Stress Management professionals are engaged in the practice of assisting others (be they individuals, groups or organisations) to identify and then manage the pressures they face.

Whatever the context of stress management, a broad tookit of approaches is required, based on a clear assessment of the current situation. Stress management may involve physical techniques of relaxation but also a wide range of cognitive, communication and lifestyle skills.

History

Stress is the non-specific responses of the body to any demand placed on it. Stress can create feelings of conflict and/or anxiety within an individual. Stress can stem from demands one places on oneself or from outside stimuli or situations. Some stress is easily identified, such as increased financial responsibilities; while other stress, such as feeling that one must earn peer acceptance, may go undetected.

If stress is not identified and resolved , it can progressively deteriorate one's ability to function. Some personalities are more prone to stress because of poor coping skills or unhealthy mental health attitudes towards life and/or self.

Benefits

Some stress is positive and creates diversity and challenges in life.

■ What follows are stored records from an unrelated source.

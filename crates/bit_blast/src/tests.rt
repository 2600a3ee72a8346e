//! Each operator's block at widths 1 to 3 over all inputs, against the operator's value, and the sizes of large blocks.

ghost use Rattle.std.specs.Prelude.{◌≡◌, ◌<◌, ◌≤◌, ◌+◌, true, IfOk, length, vec_len};
ghost use Rattle.smt_terms.specs.Scalars.{is_fixed};
ghost use Rattle.bit_blast.specs.Blocks.{EachShort};

use crate::{Assignment, encode};
use cnf_base::{Circuit, Clause, Lit};
use smt_terms::apply::apply;
use smt_terms::bits::Bits;
use smt_terms::list::Arguments;
use smt_terms::node::{Node, Op, TermId};
use smt_terms::operator::Operator;
use smt_terms::scalar::Scalar;
use smt_terms::sort::Sort;
use smt_terms::terms::Terms;
use std::alloc::{AllocError, Global};
use std::process::Abort;
use std::test::Fail;

const OF_TRUTHS: [Operator; 5] = [
    Operator::And,
    Operator::Or,
    Operator::Xor,
    Operator::Implies,
    Operator::Equal,
];

const OF_WORD: [Operator; 2] = [Operator::Bvnot, Operator::Bvneg];

const OF_WORDS: [Operator; 28] = [
    Operator::Equal,
    Operator::Bvadd,
    Operator::Bvsub,
    Operator::Bvmul,
    Operator::Bvand,
    Operator::Bvor,
    Operator::Bvxor,
    Operator::Bvnand,
    Operator::Bvnor,
    Operator::Bvxnor,
    Operator::Bvudiv,
    Operator::Bvurem,
    Operator::Bvsdiv,
    Operator::Bvsrem,
    Operator::Bvsmod,
    Operator::Bvshl,
    Operator::Bvlshr,
    Operator::Bvashr,
    Operator::Bvult,
    Operator::Bvule,
    Operator::Bvugt,
    Operator::Bvuge,
    Operator::Bvslt,
    Operator::Bvsle,
    Operator::Bvsgt,
    Operator::Bvsge,
    Operator::Bvcomp,
    Operator::Concat,
];

// The literals of the variables from `first` on.
fn variables(alloc: Global, first: u64, width: u32) -> Result<Vec<Lit>, AllocError>
    requires some { 0 < first }
    requires few { first + width ≤ 1000 }
    ensures { IfOk result (λ r. vec_len r ≡ width) }
{
    let mut bits = Vec::new(alloc);
    for k in 0..width {
        bits.push(Lit::new(first + u64::from(k), true))?;
    }
    Ok(bits)
}

fn give(bits: &mut Bits, term: TermId, row: &[Lit]) -> Result<(), Fail>
    ensures { length row.now ≤ 128 → EachShort bits.old → EachShort bits.new }
{
    if bits.of(term).is_some() {
        return Err("a term has bits".into());
    }
    bits.set(term, row)?;
    Ok(())
}

fn fixed(op: &Op) -> bool
    ensures { result ≡ is_fixed op.now }
{
    match op {
        Op::ConstantArray(_) | Op::Constant { .. } | Op::Apply { .. } | Op::Param { .. } => false,
        _ => true,
    }
}

// The value of a term of this sort.
fn value(assignment: &Assignment, bits: &Bits, term: TermId, sort: Sort) -> Result<Scalar, Fail> {
    let Some(row) = bits.of(term) else {
        return Err("a term has no bits".into())
    };
    if row.is_empty() || row.len() > 128 {
        return Err("a term has not as many bits as a word".into());
    }
    match sort {
        Sort::Bool => Ok(Scalar::Bool(assignment.value(row[0]))),
        _ => Ok(Scalar::Word(assignment.word_of(bits, term))),
    }
}

fn is_true(values: &[bool], literal: Lit) -> bool {
    let value = values.get(literal.variable() as usize - 1).copied();
    value.unwrap_or(false) == literal.is_positive()
}

// Gives each gate's variable the value that its clauses force.
fn settle(values: &mut [bool], clauses: &[Clause]) {
    for clause in clauses {
        let literals = clause.literals();
        let Some(&gate) = literals.first() else {
            return;
        };
        let mut others_false = true;
        for &literal in literals {
            if literal.variable() != gate.variable() && is_true(values, literal) {
                others_false = false;
            }
        }
        if others_false {
            if let Some(value) = values.get_mut(gate.variable() as usize - 1) {
                *value = gate.is_positive();
            }
        }
    }
}

// Parameters of these sorts, with bits of their own.
fn parameters(
    terms: &mut Terms,
    bits: &mut Bits,
    alloc: Global,
    sorts: &[Sort],
) -> Result<(Vec<TermId>, u64), Fail>
    requires few { length sorts.now ≤ 3 }
    requires short { EachShort bits.old }
    ensures short { EachShort bits.new }
    ensures next { IfOk result (λ r. (1 < r.1) × (r.1 ≤ 400)) }
{
    let mut held = Vec::new(alloc);
    let mut next = 2u64;
    for (place, sort) in sorts.iter().enumerate() {
        let sort = *sort;
        let op = Op::Param {
            place: place as u32,
            sort,
        };
        let term = terms.make(Node::leaf(alloc, op))?;
        let width = match sort {
            Sort::Word(width) => width.min(128),
            _ => 1,
        };
        let row = variables(alloc, next, width)?;
        give(bits, term, row.as_slice())?;
        next += u64::from(width);
        held.push(term)?;
    }
    Ok((held, next))
}

// The term of an operator over these terms, with its block.
fn built(
    terms: &mut Terms,
    bits: &mut Bits,
    alloc: Global,
    op: &Op,
    args: &[TermId],
    next: u64,
) -> Result<(TermId, Circuit), Fail>
    requires fixed { is_fixed op.now ≡ true }
    requires short { EachShort bits.old }
    requires next { (1 < next) × (next ≤ 400) }
    ensures { IfOk result (λ r. r.0 < length terms.new.nodes) }
{
    let node = Node {
        op: op.copy()?,
        args: Arguments::of(alloc, args)?,
    };
    let term = terms.make(node)?;
    if term >= terms.len() {
        return Err("no such term".into());
    }
    let mut circuit = Circuit::new(alloc, next);
    let Some(row) = encode(terms, bits, term, &mut circuit)? else {
        return Err("no block".into())
    };
    give(bits, term, row.as_slice())?;
    Ok((term, circuit))
}

// The assignment with the bits of the input from variable 2 on that satisfies the circuit, if any does.
fn satisfying(
    alloc: Global,
    input: u64,
    first: u64,
    circuit: &Circuit,
) -> Result<Option<Assignment>, AllocError> {
    let mut values = Vec::new(alloc);
    values.push(true)?;
    let mut rest = input;
    for _variable in 2..first {
        values.push(rest % 2 == 1)?;
        rest /= 2;
    }
    for _gate in first..circuit.next() {
        values.push(false)?;
    }
    settle(values.as_mut_slice(), circuit.clauses());
    let assignment = Assignment::new(values);
    let satisfied = circuit.clauses().iter().all(|clause| clause
        .literals()
        .iter()
        .any(|&literal| assignment.value(literal)));
    Ok(if satisfied { Some(assignment) } else { None })
}

// Where a block ends: its term, the term's sort, and the first variable of its gates.
#[derive(Clone, Copy)]
struct Output {
    term: TermId,
    sort: Sort,
    first: u64,
}

// Whether the block gives the operator's value under this assignment.
fn gives(
    alloc: Global,
    assignment: &Assignment,
    bits: &Bits,
    op: &Op,
    args: &[TermId],
    sorts: &[Sort],
    block: Output,
) -> Result<bool, Fail>
    requires { is_fixed op.now ≡ true }
{
    let mut scalars = Vec::new(alloc);
    for (term, sort) in args.iter().zip(sorts) {
        scalars.push(value(assignment, bits, *term, *sort)?)?;
    }
    let result = value(assignment, bits, block.term, block.sort)?;
    Ok(apply(op, scalars.as_slice()) == Some(result))
}

// Whether the block gives the operator's value for all values of the parameters.
fn gives_always(
    circuit: &Circuit,
    alloc: Global,
    bits: &Bits,
    op: &Op,
    args: &[TermId],
    sorts: &[Sort],
    block: Output,
) -> Result<bool, Fail>
    requires fixed { is_fixed op.now ≡ true }
    requires first { 1 < block.first }
{
    let inputs = 1u64 << (block.first - 2).min(12);
    for input in 0..inputs {
        let Some(assignment) = satisfying(alloc, input, block.first, circuit)? else {
            return Ok(false)
        };
        let given = gives(alloc, &assignment, bits, op, args, sorts, block);
        drop(assignment);
        if !given? {
            return Ok(false);
        }
    }
    Ok(true)
}

// Whether the operator's block over these parameters gives the operator's value, for all their values.
fn agrees_over(
    terms: &mut Terms,
    bits: &mut Bits,
    alloc: Global,
    op: &Op,
    args: &[TermId],
    sorts: &[Sort],
    first: u64,
) -> Result<bool, Fail>
    requires fixed { is_fixed op.now ≡ true }
    requires short { EachShort bits.old }
    requires first { (1 < first) × (first ≤ 400) }
{
    let (term, circuit) = built(terms, bits, alloc, op, args, first)?;
    let block = Output {
        term,
        sort: terms.sort(term),
        first,
    };
    let agreed = gives_always(&circuit, alloc, bits, op, args, sorts, block);
    drop(circuit);
    agreed
}

// The same over parameters of these sorts, which are made first.
fn agrees_of(
    terms: &mut Terms,
    bits: &mut Bits,
    alloc: Global,
    op: &Op,
    sorts: &[Sort],
) -> Result<bool, Fail>
    requires few { length sorts.now ≤ 3 }
    requires short { EachShort bits.old }
{
    if !fixed(op) {
        return Ok(false);
    }
    let (args, first) = parameters(terms, bits, alloc, sorts)?;
    let agreed = agrees_over(terms, bits, alloc, op, args.as_slice(), sorts, first);
    drop(args);
    agreed
}

// The operator's block over parameters of these sorts gives the operator's value, for all their values.
fn agree(rt: &(impl Abort + AllocGlobal), op: Op, sorts: &[Sort]) -> Result<(), Fail>
    requires few { length sorts.now ≤ 3 }
{
    let mut terms = Terms::new(rt.alloc());
    let mut bits = Bits::new(rt.alloc());
    let agreed = agrees_of(&mut terms, &mut bits, rt.alloc(), &op, sorts);
    drop((terms, bits));
    if matches!(&agreed, Ok(false)) {
        panic!(rt; "{op:?} {sorts:?}");
    }
    drop(op);
    let _agreed = agreed?;
    Ok(())
}

// The same of each of these operators.
fn all_agree(
    rt: &(impl Abort + AllocGlobal),
    operators: &[Operator],
    sorts: &[Sort],
) -> Result<(), Fail>
    requires few { length sorts.now ≤ 3 }
{
    for operator in operators {
        agree(rt, Op::Plain(*operator), sorts)?;
    }
    Ok(())
}

#[test]
fn blocks_of_truths_give_the_operators_values(rt: HostRuntime) -> Result<(), Fail> {
    all_agree(&rt, &[Operator::True, Operator::False], &[])?;
    all_agree(&rt, &[Operator::Not], &[Sort::Bool])?;
    all_agree(&rt, &OF_TRUTHS, &[Sort::Bool, Sort::Bool])?;
    all_agree(&rt, &[Operator::Ite], &[Sort::Bool, Sort::Bool, Sort::Bool])
}

#[test]
fn blocks_of_words_give_the_operators_values(rt: HostRuntime) -> Result<(), Fail> {
    for width in 1..4u32 {
        let word = Sort::Word(width);
        all_agree(&rt, &OF_WORD, &[word])?;
        all_agree(&rt, &OF_WORDS, &[word, word])?;
        all_agree(&rt, &[Operator::Concat], &[Sort::Word(2), word])?;
        all_agree(&rt, &[Operator::Ite], &[Sort::Bool, word, word])?;
    }
    Ok(())
}

// The operators of this index, and a literal, of this width.
fn all_agree_at(rt: &(impl Abort + AllocGlobal), index: u64, width: u32) -> Result<(), Fail>
    requires { index < 5 }
{
    let sorts = [Sort::Word(width)];
    agree(rt, Op::ZeroExtend(index), &sorts)?;
    agree(rt, Op::SignExtend(index), &sorts)?;
    agree(rt, Op::RotateLeft(index), &sorts)?;
    agree(rt, Op::RotateRight(index), &sorts)?;
    agree(rt, Op::Repeat(index + 1), &sorts)?;
    let literal = Op::Word {
        width: u64::from(width),
        value: u128::from(index) % 2,
    };
    agree(rt, literal, &[])
}

#[test]
fn blocks_with_an_index_give_the_operators_values(rt: HostRuntime) -> Result<(), Fail> {
    for width in 1..4u32 {
        for index in 0..5u64 {
            all_agree_at(&rt, index, width)?;
        }
        for high in 0..u64::from(width) {
            for low in 0..high + 1 {
                agree(&rt, Op::Extract { high, low }, &[Sort::Word(width)])?;
            }
        }
    }
    Ok(())
}

// How many variables the operator's block over two parameters of 128 bits has.
fn variables_of(
    terms: &mut Terms,
    bits: &mut Bits,
    alloc: Global,
    operator: Operator,
) -> Result<u64, Fail>
    requires short { EachShort bits.old }
{
    let sorts = [Sort::Word(128), Sort::Word(128)];
    let (args, first) = parameters(terms, bits, alloc, &sorts)?;
    let op = Op::Plain(operator);
    let made = built(terms, bits, alloc, &op, args.as_slice(), first);
    drop((args, op));
    let (_, circuit) = made?;
    let next = circuit.next();
    drop(circuit);
    Ok(next.wrapping_sub(first))
}

#[test]
fn blocks_of_128_bits_have_as_many_variables_as_gates(rt: HostRuntime) -> Result<(), Fail> {
    for (operator, gates) in [
        (Operator::Bvshl, 1145),
        (Operator::Bvmul, 32640),
        (Operator::Bvudiv, 66048),
        (Operator::Bvsmod, 68354),
    ] {
        let mut terms = Terms::new(rt.alloc());
        let mut bits = Bits::new(rt.alloc());
        let variables = variables_of(&mut terms, &mut bits, rt.alloc(), operator);
        drop((terms, bits));
        assert_eq!(rt; variables?, gates, "{operator:?}");
        assert!(rt; gates <= 1 << 17);
    }
    Ok(())
}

Positive stress can keep motivation and creative responses at their highest level. With proper coping skills stress can be managed.

Procedure

Persisting stress or "distress" results in debilitating anxiety that affects one's overall mental, emotional and physical health. Some signs of stress are headaches, dizziness, fast heartbeat, abnormal eating habits, troubled breathing, inability to slow down or relax, depression, ulcers, high-blood pressure, phobias and disturbed sleep patterns.

Some coping skills include:

  • Take a deep breath. Deep breathing helps calm the body
  • Watch your thoughts. Negative or fearful thoughts create more anxiety and stress. Thinking positive about a situation helps reduce stress
  • Practice visualization. Visualize what you want to happen in your life and affairs
  • Exercise Regularly. Physical activities often relieve the body of unnecessary tensions and allow the body to function more effectively. Exercise also provides needed diversions from life's pressures
  • Learn to relax. Just a few minutes of peace and quiet each day to give one the ability to assess properly a challenging situation and to respond in an appropriate manner. Relaxation is a skill. Read something inspirational and listen to your favourite music
  • Talk about stress. Opening up about your problems or tensions with close friends, a therapist, co-workers or a clergy member will allow a sharing of feelings and an opportunity to keep potential stressors in proper perspective
  • Structure planning of daily activities. By properly planning and using one's time, daily demands can be handled before they create unhealthy stress. Daily planning provides for a varied schedule, which can include work, leisure, social and family activities, as well as a personal time
  • Set realistic goals. People who expect too much of themselves are most frequently troubled by stress. Goals must be realistic to be motivational
  • Do some fun things. Treat yourself regularly by doing something that you enjoy
  • Get regular checkups. Often doctors can discover physical manifestations of stress that enables one to deal effectively with the tensions of stress
  • Seek more information about ways to handle stress. Learn how to manage effectively the stress in your life.